The Local Government Association's response to the Autumn 2000 green paper on local government finance supported a review of bands and the multipliers 'to improve the fairness of the tax and enhance its long-term stability'. That support could diminish if the Conservatives, who control areas with more expensive homes, continue to increase their share of votes on LGA executives.
Neil Kinghan, director of local government finance for the LGA, agrees the tax is operating almost as a flat-rate tax in some areas with little relation to ability to pay. He believes ministers could eventually opt for the sort of splits in the lowest and highest bands favoured by the LGA, the LGIU and the Centre for Council Tax Reform. But the looming white paper, it seems, is unlikely to feature much on the biggest local revenue earner.

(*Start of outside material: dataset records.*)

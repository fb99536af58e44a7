//! Resets while events wait: what each strikes, and what survives it.

use crate::by_hand::*;
use crate::calls::*;
use bank::Bank;
use board::board::Board;
use reader_tests::pair::Pair;
use std::process::Abort;

/// GEO 3, crate 5, the thresholds 7 and 8. Two gates were vetoed, then three events stored: they have the numbers
/// 2, 3 and 4.
fn prepares<B: Bank>(rt: &impl Abort, bank: &mut B) {
    writes(rt, bank, GEO, 3);
    writes(rt, bank, CRATE, 5);
    writes(rt, bank, 0x108A, 7);
    writes(rt, bank, 0x1092, 8);
    for _ in 0..2 {
        gates(rt, bank, 1, &[200, 300], Err(21));
    }
    for _ in 0..3 {
        gates(rt, bank, 0, &[200, 300], Ok(Some(2)));
    }
    waits(rt, bank, 3);
    counts(rt, bank, 5);
}

/// Such an event is drawn.
fn draws_event<B: Bank>(rt: &impl Abort, bank: &mut B, crate_number: u8, number: u32) {
    draws(
        rt,
        bank,
        &[
            header(3, crate_number, 2),
            datum(3, 5, 200),
            datum(3, 9, 300),
            end(3, number),
        ],
    );
}

/// GEO and the thresholds are as they were set.
fn survives<B: Bank>(rt: &impl Abort, bank: &B) {
    reads(rt, bank, GEO, Ok(3));
    reads(rt, bank, 0x108A, Ok(7));
    reads(rt, bank, 0x1092, Ok(8));
}

/// All events were struck by a data reset, which left this mode and this counter.
fn is_reset<B: Bank>(rt: &impl Abort, bank: &mut B, mode: u16, counter: u32) {
    survives(rt, bank);
    reads(rt, bank, CRATE, Ok(5));
    reads(rt, bank, MODE, Ok(mode));
    reads(rt, bank, STATUS, Ok(4));
    counts(rt, bank, counter);
    draws_nothing(rt, bank);
    refuses(rt, bank, SKIP, 0, 26);
}

/// The counter stays, and goes on while CLEAR DATA stands.
#[test]
fn data_reset_under_all_trg(rt: HostRuntime) {
    let mut board = Board::new(Pair);
    prepares(&rt, &mut board);
    writes(&rt, &mut board, MODE, CLEAR_DATA);
    is_reset(&rt, &mut board, 0x4884, 5);
    gates(&rt, &mut board, 0, &[200, 300], Err(22));
    is_reset(&rt, &mut board, 0x4884, 6);
    writes(&rt, &mut board, MODE_CLEAR, CLEAR_DATA);
    reads(&rt, &board, STATUS, Ok(0));
    counts(&rt, &board, 6);
    gates(&rt, &mut board, 0, &[200, 300], Ok(Some(2)));
    draws_event(&rt, &mut board, 5, 6);
    draws_nothing(&rt, &mut board);
}

/// The counter becomes 0, and stays so while CLEAR DATA stands.
#[test]
fn data_reset_without_all_trg(rt: HostRuntime) {
    let mut board = Board::new(Pair);
    prepares(&rt, &mut board);
    writes(&rt, &mut board, MODE_CLEAR, ALL_TRG);
    waits(&rt, &board, 3);
    counts(&rt, &board, 5);
    writes(&rt, &mut board, MODE, CLEAR_DATA);
    is_reset(&rt, &mut board, 0x0884, 0);
    gates(&rt, &mut board, 0, &[200, 300], Err(22));
    is_reset(&rt, &mut board, 0x0884, 0);
    writes(&rt, &mut board, MODE_CLEAR, CLEAR_DATA);
    gates(&rt, &mut board, 0, &[200, 300], Ok(Some(2)));
    draws_event(&rt, &mut board, 5, 0);
    counts(&rt, &board, 1);
}

/// The bits are set before ALL TRG is looked at.
#[test]
fn data_reset_that_sets_all_trg(rt: HostRuntime) {
    let mut board = Board::new(Pair);
    prepares(&rt, &mut board);
    writes(&rt, &mut board, MODE_CLEAR, ALL_TRG);
    writes(&rt, &mut board, MODE, CLEAR_DATA | ALL_TRG);
    is_reset(&rt, &mut board, 0x4884, 5);
}

#[test]
fn data_reset_with_other_bits(rt: HostRuntime) {
    let mut board = Board::new(Pair);
    prepares(&rt, &mut board);
    writes(&rt, &mut board, MODE_CLEAR, ALL_TRG);
    writes(&rt, &mut board, MODE, CLEAR_DATA | EMPTY | OFFLINE);
    is_reset(&rt, &mut board, 0x1886, 0);
}

/// Each write that names CLEAR DATA is a data reset, though it stands already; no other write of the mode is one.
#[test]
fn data_reset_while_clear_data_stands(rt: HostRuntime) {
    let mut board = Board::new(Pair);
    prepares(&rt, &mut board);
    writes(&rt, &mut board, MODE, CLEAR_DATA);
    writes(&rt, &mut board, MODE_CLEAR, ALL_TRG);
    is_reset(&rt, &mut board, 0x0884, 5);
    writes(&rt, &mut board, MODE, OVER_RANGE);
    is_reset(&rt, &mut board, 0x088C, 5);
    writes(&rt, &mut board, MODE, CLEAR_DATA);
    is_reset(&rt, &mut board, 0x088C, 0);
}

#[test]
fn mode_writes_that_reset_nothing(rt: HostRuntime) {
    let mut board = Board::new(Pair);
    prepares(&rt, &mut board);
    refuses(&rt, &mut board, MODE, CLEAR_DATA | 1, 6);
    refuses(&rt, &mut board, MODE, CLEAR_DATA | STEP, 6);
    refuses(&rt, &mut board, MODE_CLEAR, CLEAR_DATA | 1, 6);
    writes(&rt, &mut board, MODE_CLEAR, CLEAR_DATA | ALL_TRG);
    writes(&rt, &mut board, MODE, OFFLINE | OVER_RANGE);
    writes(&rt, &mut board, MODE, 0);
    survives(&rt, &board);
    counts(&rt, &board, 5);
    for number in [2, 3, 4] {
        draws_event(&rt, &mut board, 5, number);
    }
    draws_nothing(&rt, &mut board);
}

/// Mode, crate and counter are as at power-on, whatever the value and the mode before.
fn resets_all<B: Bank>(rt: &impl Abort, bank: &mut B, mode: u16, value: u16) {
    writes(rt, bank, COUNTER_RESET, 0);
    prepares(rt, bank);
    writes(rt, bank, MODE_CLEAR, 0x4080);
    writes(rt, bank, MODE, mode);
    writes(rt, bank, SOFTWARE_RESET, value);
    survives(rt, bank);
    reads(rt, bank, MODE, Ok(0x4880));
    reads(rt, bank, CRATE, Ok(0));
    reads(rt, bank, STATUS, Ok(0));
    counts(rt, bank, 0);
    draws_nothing(rt, bank);
    gates(rt, bank, 0, &[200, 300], Ok(Some(2)));
    draws_event(rt, bank, 0, 0);
}

#[test]
fn software_reset(rt: HostRuntime) {
    let mut board = Board::new(Pair);
    for value in [0, 1, 0xFFFF] {
        for mode in [0x0000, 0x4080, 0x0002, 0x0004, 0x509E] {
            resets_all(&rt, &mut board, mode, value);
        }
    }
}

/// A full buffer is struck as any other.
#[test]
fn resets_of_a_full_buffer(rt: HostRuntime) {
    let mut board = Board::new(Pair);
    for (offset, value) in [(MODE, CLEAR_DATA), (SOFTWARE_RESET, 0)] {
        for _ in 0..32 {
            gates(&rt, &mut board, 0, &[200, 300], Ok(Some(2)));
        }
        reads(&rt, &board, STATUS, Ok(5));
        writes(&rt, &mut board, offset, value);
        draws_nothing(&rt, &mut board);
        writes(&rt, &mut board, MODE_CLEAR, CLEAR_DATA);
    }
    gates(&rt, &mut board, 0, &[200, 300], Ok(Some(2)));
    waits(&rt, &board, 1);
}

/// The events stay, with the numbers that they have.
#[test]
fn counter_reset(rt: HostRuntime) {
    for value in [0, 1, 0xFFFF] {
        let mut board = Board::new(Pair);
        prepares(&rt, &mut board);
        writes(&rt, &mut board, MODE, OVER_RANGE);
        writes(&rt, &mut board, COUNTER_RESET, value);
        survives(&rt, &board);
        reads(&rt, &board, CRATE, Ok(5));
        reads(&rt, &board, MODE, Ok(0x4888));
        reads(&rt, &board, STATUS, Ok(1));
        counts(&rt, &board, 0);
        waits(&rt, &board, 3);
        gates(&rt, &mut board, 0, &[200, 300], Ok(Some(2)));
        for number in [2, 3, 4, 0] {
            draws_event(&rt, &mut board, 5, number);
        }
        draws_nothing(&rt, &mut board);
        counts(&rt, &board, 1);
    }
}

/// A skip takes the first event alone.
#[test]
fn skip(rt: HostRuntime) {
    let mut board = Board::new(Pair);
    prepares(&rt, &mut board);
    writes(&rt, &mut board, SKIP, 0);
    survives(&rt, &board);
    reads(&rt, &board, CRATE, Ok(5));
    reads(&rt, &board, MODE, Ok(0x4880));
    counts(&rt, &board, 5);
    waits(&rt, &board, 2);
    draws_event(&rt, &mut board, 5, 3);
    draws_event(&rt, &mut board, 5, 4);
    draws_nothing(&rt, &mut board);
}

/// Events are read, skipped and drawn under OFFLINE as ever.
#[test]
fn offline(rt: HostRuntime) {
    let mut board = Board::new(Pair);
    prepares(&rt, &mut board);
    writes(&rt, &mut board, MODE, OFFLINE);
    waits(&rt, &board, 3);
    writes(&rt, &mut board, SKIP, 0);
    draws_event(&rt, &mut board, 5, 3);
    gates(&rt, &mut board, 0, &[200, 300], Err(23));
    draws_event(&rt, &mut board, 5, 4);
    draws_nothing(&rt, &mut board);
    counts(&rt, &board, 6);
}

A BRIEF HISTORY OF THE COUNCIL TAX
A British government knows it is in trouble when there are riots on the streets of Tunbridge Wells. Margaret Thatcher's fall in 1990 owed at least as much to her loyalty to the poll tax as to her Europhobia.
The community charge, as senior Tories but almost nobody else called it, was a flat tax par excellence. Unlike the rates, every adult paid it - ensuring, in Mrs Thatcher's view, that those who voted for high-spending Labour councils would pay a price.
But as the first poll tax demands went out in the spring of 1990, riots and protests spread through the country, culminating in the Battle of Trafalgar Square.
The government's popularity collapsed and nervous Tory MPs ditched their talismanic leader a few months later.
Her replacement, John Major, asked his principal rival, Michael Heseltine, to return to the Department of the Environment to work on a replacement for the tax. The outcome - the council tax - was dismissed by some commentators as the old domestic rates with a discount for single adult households. While a property tax like
the rates, it was payable by the household - whether they rented or owned the property.
It was implemented in England, Scotland and Wales by the Local Government Finance Act 1992 which provided for homes to be placed in one of eight bands according to the 1991 valuation.